- **YOUR OBJECTIVE**:
The stretch from the line with "let program = with(program, draw(alloc));" through the line with "explore(alloc, choices.resolvers, choices.draws));" in the records below: write it out exactly, and nothing else.

- **Stored items**:
__________

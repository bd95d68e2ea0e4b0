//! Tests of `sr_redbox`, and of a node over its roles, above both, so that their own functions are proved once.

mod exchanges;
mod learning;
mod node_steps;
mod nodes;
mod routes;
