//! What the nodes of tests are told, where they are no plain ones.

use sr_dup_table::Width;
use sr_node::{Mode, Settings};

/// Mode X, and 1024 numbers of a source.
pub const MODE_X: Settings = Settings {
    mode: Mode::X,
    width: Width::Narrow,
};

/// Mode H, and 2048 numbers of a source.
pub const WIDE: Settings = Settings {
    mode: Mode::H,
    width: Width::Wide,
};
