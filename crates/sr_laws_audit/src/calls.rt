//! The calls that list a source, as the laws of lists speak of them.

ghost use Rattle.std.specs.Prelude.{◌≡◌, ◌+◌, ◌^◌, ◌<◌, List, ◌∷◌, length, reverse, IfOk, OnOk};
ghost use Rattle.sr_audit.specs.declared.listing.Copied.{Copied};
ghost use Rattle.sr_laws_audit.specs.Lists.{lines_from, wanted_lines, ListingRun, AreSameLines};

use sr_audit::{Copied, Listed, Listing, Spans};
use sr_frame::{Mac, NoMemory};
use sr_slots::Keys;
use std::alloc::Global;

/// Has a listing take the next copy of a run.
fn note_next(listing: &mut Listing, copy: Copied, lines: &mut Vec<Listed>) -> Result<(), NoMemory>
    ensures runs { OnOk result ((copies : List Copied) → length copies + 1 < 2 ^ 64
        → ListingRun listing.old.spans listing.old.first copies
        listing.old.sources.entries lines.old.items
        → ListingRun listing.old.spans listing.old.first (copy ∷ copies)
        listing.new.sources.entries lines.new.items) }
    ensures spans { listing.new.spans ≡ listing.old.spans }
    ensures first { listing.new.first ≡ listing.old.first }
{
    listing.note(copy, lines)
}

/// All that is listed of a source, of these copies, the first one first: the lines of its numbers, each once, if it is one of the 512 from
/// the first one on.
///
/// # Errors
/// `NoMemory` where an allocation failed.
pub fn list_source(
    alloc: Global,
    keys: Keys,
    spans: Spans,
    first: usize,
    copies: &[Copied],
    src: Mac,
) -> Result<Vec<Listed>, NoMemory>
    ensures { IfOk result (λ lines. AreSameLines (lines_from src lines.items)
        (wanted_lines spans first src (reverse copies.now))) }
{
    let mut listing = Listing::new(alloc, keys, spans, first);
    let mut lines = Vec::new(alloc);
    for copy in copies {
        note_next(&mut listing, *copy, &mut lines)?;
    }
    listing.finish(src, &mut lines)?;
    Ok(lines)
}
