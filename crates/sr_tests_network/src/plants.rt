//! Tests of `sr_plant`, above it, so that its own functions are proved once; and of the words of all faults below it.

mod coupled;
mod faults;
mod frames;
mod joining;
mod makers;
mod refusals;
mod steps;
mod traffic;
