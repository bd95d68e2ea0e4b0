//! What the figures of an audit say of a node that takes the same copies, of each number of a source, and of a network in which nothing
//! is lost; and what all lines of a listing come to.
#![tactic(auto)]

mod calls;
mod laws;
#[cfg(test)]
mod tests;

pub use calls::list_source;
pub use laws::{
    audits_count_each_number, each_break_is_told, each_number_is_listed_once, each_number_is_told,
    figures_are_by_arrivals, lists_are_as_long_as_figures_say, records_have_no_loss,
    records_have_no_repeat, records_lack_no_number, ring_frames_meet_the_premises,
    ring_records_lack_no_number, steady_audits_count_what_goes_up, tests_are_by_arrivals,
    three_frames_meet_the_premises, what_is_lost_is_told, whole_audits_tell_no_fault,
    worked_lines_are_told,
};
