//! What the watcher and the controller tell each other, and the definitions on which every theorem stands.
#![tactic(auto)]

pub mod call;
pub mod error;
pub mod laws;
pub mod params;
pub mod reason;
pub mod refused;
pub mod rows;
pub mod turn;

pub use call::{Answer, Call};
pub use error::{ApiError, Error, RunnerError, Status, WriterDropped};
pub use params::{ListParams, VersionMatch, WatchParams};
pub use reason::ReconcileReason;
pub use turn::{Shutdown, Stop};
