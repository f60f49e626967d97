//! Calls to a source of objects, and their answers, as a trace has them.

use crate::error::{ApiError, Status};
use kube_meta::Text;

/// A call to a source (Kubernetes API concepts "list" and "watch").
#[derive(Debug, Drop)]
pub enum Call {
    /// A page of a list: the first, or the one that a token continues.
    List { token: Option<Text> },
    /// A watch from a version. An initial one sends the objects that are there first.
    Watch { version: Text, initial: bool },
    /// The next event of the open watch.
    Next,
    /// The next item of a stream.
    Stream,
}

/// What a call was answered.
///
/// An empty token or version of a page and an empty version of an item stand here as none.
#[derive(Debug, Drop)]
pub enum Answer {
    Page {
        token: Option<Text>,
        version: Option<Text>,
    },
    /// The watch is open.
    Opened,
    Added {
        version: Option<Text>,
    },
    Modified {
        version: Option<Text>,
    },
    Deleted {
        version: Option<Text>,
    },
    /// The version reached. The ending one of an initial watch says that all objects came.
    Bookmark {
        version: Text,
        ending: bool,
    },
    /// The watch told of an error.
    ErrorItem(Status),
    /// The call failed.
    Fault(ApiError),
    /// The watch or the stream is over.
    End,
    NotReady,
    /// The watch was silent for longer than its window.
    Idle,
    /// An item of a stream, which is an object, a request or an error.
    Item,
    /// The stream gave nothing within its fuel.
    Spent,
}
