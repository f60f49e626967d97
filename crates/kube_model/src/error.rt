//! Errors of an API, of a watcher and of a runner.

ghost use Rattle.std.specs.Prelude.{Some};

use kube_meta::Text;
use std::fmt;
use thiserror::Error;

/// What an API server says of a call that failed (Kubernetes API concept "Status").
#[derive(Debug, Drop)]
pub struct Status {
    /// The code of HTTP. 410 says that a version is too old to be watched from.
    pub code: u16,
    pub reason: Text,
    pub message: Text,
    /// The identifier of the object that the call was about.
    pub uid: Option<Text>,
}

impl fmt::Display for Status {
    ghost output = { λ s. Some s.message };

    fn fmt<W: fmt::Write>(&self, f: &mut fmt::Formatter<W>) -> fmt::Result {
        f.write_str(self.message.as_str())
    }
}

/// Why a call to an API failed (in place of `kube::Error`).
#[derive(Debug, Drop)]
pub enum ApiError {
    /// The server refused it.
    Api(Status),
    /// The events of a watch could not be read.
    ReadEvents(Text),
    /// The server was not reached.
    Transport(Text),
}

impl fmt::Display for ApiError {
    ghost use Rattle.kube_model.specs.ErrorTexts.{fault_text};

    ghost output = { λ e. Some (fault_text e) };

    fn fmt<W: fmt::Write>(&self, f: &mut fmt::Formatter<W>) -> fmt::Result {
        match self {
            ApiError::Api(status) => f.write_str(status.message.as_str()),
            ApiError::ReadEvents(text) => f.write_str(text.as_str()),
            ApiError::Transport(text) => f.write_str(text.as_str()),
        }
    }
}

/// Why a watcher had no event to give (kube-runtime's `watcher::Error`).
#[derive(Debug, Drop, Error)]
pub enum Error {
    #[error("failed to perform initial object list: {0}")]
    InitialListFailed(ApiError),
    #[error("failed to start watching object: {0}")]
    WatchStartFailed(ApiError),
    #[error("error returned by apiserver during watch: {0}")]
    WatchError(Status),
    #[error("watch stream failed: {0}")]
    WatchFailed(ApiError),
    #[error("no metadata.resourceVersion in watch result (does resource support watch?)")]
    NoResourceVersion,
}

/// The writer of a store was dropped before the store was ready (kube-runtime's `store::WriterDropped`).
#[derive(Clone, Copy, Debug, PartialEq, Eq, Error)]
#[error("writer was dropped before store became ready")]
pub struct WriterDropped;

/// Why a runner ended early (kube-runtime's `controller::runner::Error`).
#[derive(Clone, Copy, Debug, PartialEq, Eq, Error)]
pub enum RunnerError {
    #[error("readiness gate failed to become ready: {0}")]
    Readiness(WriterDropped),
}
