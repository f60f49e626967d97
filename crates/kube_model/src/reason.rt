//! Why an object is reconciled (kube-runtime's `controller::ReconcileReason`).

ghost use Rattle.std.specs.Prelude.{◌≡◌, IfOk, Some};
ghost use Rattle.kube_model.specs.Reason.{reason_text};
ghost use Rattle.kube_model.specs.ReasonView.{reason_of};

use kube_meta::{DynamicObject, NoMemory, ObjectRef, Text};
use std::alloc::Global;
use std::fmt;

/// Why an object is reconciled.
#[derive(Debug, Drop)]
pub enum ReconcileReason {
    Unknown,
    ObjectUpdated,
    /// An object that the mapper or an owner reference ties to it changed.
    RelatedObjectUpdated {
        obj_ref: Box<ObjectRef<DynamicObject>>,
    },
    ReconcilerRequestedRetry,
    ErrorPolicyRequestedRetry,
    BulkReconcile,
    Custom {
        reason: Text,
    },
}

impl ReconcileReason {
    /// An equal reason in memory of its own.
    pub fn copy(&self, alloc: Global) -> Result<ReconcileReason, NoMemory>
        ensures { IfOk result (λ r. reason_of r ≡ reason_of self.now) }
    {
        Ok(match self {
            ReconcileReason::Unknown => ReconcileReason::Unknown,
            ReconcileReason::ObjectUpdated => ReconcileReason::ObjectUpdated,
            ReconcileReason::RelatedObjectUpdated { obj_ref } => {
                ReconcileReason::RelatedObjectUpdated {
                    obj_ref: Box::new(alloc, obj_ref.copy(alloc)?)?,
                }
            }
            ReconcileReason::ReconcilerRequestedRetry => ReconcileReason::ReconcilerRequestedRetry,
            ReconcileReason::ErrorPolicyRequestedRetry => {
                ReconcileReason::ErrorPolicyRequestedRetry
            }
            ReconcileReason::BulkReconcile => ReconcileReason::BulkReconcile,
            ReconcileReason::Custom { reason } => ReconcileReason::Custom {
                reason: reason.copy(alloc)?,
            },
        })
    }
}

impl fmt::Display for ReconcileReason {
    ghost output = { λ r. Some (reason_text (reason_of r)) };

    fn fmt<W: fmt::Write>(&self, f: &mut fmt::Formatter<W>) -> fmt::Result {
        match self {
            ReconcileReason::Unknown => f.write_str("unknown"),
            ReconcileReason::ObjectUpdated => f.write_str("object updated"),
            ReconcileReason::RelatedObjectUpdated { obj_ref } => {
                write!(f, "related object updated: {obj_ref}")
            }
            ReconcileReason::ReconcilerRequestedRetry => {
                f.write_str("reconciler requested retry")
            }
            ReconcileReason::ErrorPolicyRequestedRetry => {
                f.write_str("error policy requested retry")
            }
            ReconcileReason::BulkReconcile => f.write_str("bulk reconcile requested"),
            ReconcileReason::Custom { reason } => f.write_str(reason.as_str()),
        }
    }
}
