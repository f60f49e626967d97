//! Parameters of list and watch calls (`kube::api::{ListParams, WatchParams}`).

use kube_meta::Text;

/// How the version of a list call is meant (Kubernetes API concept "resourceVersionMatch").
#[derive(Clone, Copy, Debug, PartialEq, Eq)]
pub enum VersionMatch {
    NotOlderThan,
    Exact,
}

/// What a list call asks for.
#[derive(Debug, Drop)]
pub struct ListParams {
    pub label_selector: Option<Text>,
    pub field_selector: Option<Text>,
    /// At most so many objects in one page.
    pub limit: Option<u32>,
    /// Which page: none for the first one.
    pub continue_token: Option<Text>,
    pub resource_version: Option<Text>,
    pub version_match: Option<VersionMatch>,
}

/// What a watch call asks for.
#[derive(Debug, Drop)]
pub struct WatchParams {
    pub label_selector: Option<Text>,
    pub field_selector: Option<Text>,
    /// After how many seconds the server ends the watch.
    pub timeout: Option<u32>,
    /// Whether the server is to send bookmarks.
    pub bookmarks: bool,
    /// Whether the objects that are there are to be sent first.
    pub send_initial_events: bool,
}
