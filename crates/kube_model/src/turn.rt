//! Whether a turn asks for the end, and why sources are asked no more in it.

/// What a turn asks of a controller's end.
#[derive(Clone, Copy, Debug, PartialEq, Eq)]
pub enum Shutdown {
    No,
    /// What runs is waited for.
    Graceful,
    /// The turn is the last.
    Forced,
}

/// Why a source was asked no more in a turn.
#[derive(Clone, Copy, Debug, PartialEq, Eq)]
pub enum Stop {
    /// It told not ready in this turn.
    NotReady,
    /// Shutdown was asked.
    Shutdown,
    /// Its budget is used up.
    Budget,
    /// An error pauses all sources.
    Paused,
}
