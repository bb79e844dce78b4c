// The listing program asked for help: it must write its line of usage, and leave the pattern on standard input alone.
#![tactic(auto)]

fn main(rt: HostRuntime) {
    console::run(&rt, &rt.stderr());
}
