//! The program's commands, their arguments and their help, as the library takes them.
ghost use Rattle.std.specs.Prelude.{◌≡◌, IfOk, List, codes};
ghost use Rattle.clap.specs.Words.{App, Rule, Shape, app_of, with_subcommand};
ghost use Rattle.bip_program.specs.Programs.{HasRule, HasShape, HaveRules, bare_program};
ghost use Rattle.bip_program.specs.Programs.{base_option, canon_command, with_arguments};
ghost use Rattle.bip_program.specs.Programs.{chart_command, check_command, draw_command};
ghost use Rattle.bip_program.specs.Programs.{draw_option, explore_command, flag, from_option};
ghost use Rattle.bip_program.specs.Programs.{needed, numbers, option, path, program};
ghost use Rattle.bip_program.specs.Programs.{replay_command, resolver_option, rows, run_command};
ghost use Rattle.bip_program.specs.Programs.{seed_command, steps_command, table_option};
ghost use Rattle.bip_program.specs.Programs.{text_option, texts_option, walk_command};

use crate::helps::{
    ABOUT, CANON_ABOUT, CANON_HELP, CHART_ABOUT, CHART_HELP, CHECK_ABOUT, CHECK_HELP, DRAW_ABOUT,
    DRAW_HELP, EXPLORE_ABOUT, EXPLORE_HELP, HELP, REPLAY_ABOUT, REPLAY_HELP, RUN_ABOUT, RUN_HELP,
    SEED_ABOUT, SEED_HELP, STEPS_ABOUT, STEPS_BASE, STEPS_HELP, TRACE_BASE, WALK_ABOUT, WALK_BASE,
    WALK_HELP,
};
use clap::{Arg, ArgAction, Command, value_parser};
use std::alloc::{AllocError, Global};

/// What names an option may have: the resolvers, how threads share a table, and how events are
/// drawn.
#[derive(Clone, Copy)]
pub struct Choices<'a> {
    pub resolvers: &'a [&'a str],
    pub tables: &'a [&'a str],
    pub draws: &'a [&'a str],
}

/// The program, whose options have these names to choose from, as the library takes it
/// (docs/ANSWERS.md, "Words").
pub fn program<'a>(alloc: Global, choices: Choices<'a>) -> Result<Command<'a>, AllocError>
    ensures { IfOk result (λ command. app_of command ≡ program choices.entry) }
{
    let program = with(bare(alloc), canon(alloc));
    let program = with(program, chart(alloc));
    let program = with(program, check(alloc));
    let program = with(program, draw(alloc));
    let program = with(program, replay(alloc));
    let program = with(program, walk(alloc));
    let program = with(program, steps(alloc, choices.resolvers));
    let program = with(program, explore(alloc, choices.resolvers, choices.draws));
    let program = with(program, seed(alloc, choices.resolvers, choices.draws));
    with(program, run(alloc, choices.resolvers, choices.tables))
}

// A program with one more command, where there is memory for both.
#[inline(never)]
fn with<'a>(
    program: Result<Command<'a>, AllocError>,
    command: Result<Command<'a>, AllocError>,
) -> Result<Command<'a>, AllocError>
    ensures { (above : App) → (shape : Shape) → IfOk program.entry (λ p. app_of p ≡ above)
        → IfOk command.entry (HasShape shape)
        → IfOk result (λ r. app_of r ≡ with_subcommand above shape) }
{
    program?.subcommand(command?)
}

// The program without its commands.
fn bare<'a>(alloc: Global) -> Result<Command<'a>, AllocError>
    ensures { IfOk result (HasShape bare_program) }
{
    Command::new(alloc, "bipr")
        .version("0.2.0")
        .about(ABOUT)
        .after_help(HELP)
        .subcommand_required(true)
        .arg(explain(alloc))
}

__________

- **TASK RESULT**:
    let program = with(program, draw(alloc));
    let program = with(program, replay(alloc));
    let program = with(program, walk(alloc));
    let program = with(program, steps(alloc, choices.resolvers));
    let program = with(program, explore(alloc, choices.resolvers, choices.draws));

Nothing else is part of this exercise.